• Exercise goal: From the data below, copy out every line in which the word "shards" occurs.

• Source information:
· · · · ·

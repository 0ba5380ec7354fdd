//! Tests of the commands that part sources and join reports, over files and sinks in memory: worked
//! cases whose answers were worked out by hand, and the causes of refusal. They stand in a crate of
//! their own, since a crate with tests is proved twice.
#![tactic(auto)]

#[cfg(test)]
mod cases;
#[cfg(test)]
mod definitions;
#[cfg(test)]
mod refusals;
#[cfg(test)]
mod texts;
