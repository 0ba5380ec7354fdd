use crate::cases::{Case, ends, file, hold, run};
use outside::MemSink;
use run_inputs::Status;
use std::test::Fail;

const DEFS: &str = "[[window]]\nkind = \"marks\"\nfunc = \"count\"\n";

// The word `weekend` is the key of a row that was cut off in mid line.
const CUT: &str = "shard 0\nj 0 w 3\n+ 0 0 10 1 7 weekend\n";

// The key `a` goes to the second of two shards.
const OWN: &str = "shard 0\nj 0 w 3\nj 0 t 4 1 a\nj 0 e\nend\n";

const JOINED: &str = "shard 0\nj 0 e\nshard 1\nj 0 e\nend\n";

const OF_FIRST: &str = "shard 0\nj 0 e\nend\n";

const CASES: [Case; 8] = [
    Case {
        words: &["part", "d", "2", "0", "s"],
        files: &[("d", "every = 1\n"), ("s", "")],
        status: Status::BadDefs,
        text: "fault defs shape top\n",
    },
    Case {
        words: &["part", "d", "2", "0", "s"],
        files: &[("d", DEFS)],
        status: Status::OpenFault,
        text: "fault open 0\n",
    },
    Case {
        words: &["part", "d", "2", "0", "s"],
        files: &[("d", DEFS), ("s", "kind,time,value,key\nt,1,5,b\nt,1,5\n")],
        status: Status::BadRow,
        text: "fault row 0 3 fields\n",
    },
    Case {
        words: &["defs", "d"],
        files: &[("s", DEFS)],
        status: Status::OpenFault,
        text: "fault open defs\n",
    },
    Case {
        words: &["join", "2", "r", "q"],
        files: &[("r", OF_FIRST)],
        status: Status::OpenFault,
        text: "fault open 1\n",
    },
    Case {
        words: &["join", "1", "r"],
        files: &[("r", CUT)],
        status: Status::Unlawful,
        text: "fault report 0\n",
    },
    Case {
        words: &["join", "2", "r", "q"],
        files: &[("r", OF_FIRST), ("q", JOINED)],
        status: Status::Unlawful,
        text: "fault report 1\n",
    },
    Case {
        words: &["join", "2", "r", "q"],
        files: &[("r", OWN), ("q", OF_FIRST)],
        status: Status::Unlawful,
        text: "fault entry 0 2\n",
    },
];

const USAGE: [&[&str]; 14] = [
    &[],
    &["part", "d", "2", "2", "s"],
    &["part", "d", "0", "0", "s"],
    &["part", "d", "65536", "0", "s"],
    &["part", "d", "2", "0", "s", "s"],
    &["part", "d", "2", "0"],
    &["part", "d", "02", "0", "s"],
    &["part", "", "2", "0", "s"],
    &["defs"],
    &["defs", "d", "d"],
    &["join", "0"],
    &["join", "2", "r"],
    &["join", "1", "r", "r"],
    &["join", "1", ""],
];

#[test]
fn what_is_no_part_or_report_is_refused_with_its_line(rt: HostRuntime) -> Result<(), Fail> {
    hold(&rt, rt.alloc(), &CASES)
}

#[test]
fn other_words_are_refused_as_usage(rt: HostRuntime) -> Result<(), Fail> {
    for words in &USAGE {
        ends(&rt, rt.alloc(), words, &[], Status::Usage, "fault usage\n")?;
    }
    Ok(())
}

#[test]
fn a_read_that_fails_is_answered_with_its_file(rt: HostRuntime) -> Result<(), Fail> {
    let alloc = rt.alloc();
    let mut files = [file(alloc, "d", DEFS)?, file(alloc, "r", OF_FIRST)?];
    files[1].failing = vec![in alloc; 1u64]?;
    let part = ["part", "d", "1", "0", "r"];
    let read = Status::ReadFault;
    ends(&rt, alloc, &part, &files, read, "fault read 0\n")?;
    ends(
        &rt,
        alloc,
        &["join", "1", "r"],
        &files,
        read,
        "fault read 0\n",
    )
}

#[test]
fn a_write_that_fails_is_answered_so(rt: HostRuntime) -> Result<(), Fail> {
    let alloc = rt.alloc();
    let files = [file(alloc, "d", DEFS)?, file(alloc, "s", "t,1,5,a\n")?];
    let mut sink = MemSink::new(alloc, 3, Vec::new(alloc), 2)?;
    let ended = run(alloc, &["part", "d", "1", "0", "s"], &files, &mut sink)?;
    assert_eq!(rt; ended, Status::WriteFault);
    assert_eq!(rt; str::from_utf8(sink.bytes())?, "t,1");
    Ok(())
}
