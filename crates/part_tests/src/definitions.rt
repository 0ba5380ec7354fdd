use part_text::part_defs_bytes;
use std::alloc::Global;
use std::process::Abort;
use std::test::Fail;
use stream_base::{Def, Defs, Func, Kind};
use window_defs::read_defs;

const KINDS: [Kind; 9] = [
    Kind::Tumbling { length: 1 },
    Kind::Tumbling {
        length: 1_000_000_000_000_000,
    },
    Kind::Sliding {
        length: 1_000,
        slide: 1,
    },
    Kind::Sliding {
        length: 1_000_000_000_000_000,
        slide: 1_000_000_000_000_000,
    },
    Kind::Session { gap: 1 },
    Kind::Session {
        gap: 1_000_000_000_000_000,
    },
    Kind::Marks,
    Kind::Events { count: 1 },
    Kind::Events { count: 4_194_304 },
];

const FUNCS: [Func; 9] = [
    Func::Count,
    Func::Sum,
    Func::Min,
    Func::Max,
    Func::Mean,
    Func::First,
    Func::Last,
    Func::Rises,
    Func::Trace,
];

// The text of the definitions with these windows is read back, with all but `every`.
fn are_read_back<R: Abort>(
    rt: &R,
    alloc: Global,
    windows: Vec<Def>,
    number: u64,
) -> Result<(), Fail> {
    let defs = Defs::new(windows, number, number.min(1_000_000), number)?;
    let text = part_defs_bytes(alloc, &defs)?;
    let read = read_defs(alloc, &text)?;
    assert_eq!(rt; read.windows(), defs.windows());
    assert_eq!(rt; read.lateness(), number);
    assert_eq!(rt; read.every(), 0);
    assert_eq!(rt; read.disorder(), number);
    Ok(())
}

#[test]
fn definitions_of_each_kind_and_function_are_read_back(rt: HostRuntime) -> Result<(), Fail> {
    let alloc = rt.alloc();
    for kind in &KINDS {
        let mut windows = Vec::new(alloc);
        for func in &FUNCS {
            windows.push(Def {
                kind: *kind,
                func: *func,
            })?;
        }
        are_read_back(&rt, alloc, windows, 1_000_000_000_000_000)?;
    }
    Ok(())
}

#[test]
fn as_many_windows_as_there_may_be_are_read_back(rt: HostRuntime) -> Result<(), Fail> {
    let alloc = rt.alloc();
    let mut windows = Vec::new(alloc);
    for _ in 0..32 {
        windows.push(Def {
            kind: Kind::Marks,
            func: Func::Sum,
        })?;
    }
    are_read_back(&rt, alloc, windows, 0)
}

· · · · ·

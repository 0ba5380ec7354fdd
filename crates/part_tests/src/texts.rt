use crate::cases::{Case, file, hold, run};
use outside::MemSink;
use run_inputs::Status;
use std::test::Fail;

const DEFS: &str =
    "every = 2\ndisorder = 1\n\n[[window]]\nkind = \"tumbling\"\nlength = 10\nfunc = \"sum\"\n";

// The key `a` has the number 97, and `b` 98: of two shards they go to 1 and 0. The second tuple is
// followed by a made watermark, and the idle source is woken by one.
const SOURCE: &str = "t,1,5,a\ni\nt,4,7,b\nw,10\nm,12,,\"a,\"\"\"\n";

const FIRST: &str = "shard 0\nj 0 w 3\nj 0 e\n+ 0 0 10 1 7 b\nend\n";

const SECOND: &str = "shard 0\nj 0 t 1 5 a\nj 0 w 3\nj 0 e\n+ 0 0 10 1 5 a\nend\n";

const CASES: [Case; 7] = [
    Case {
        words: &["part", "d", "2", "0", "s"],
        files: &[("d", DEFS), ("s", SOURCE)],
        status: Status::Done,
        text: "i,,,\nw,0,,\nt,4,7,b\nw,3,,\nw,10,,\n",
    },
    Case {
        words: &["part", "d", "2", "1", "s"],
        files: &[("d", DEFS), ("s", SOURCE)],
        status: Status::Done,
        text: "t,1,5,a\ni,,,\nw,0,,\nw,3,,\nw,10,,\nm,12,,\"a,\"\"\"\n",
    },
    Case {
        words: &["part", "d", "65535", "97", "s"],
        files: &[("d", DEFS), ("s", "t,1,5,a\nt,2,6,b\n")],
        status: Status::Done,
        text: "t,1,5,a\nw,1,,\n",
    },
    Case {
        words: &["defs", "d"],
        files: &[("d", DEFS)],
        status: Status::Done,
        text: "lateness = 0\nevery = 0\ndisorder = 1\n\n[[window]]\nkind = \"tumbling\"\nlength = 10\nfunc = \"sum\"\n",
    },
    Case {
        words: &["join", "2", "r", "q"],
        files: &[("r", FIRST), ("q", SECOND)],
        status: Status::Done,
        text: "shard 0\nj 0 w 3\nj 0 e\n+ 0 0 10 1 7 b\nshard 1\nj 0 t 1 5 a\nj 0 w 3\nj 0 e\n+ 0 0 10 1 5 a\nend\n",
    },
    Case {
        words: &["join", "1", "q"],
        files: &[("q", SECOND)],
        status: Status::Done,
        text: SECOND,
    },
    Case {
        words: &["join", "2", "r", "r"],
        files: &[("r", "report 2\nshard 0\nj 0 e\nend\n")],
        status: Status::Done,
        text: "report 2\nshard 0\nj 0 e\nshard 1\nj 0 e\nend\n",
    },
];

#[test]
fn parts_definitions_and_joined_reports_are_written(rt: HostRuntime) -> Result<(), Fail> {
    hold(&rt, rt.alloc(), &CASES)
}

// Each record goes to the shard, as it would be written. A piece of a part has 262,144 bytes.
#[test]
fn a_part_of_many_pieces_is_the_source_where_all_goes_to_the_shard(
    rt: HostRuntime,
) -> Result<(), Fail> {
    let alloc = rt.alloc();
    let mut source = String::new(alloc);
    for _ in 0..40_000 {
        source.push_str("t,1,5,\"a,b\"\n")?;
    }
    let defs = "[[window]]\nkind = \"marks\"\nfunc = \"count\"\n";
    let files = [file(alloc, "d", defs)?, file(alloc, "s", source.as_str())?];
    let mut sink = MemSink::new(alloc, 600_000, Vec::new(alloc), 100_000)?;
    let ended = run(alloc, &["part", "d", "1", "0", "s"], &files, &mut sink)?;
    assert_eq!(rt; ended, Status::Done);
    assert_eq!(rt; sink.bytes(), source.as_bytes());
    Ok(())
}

· · · · ·

• Answer section:
// The key `a` goes to the second of two shards.
// The key `a` has the number 97, and `b` 98: of two shards they go to 1 and 0. The second tuple is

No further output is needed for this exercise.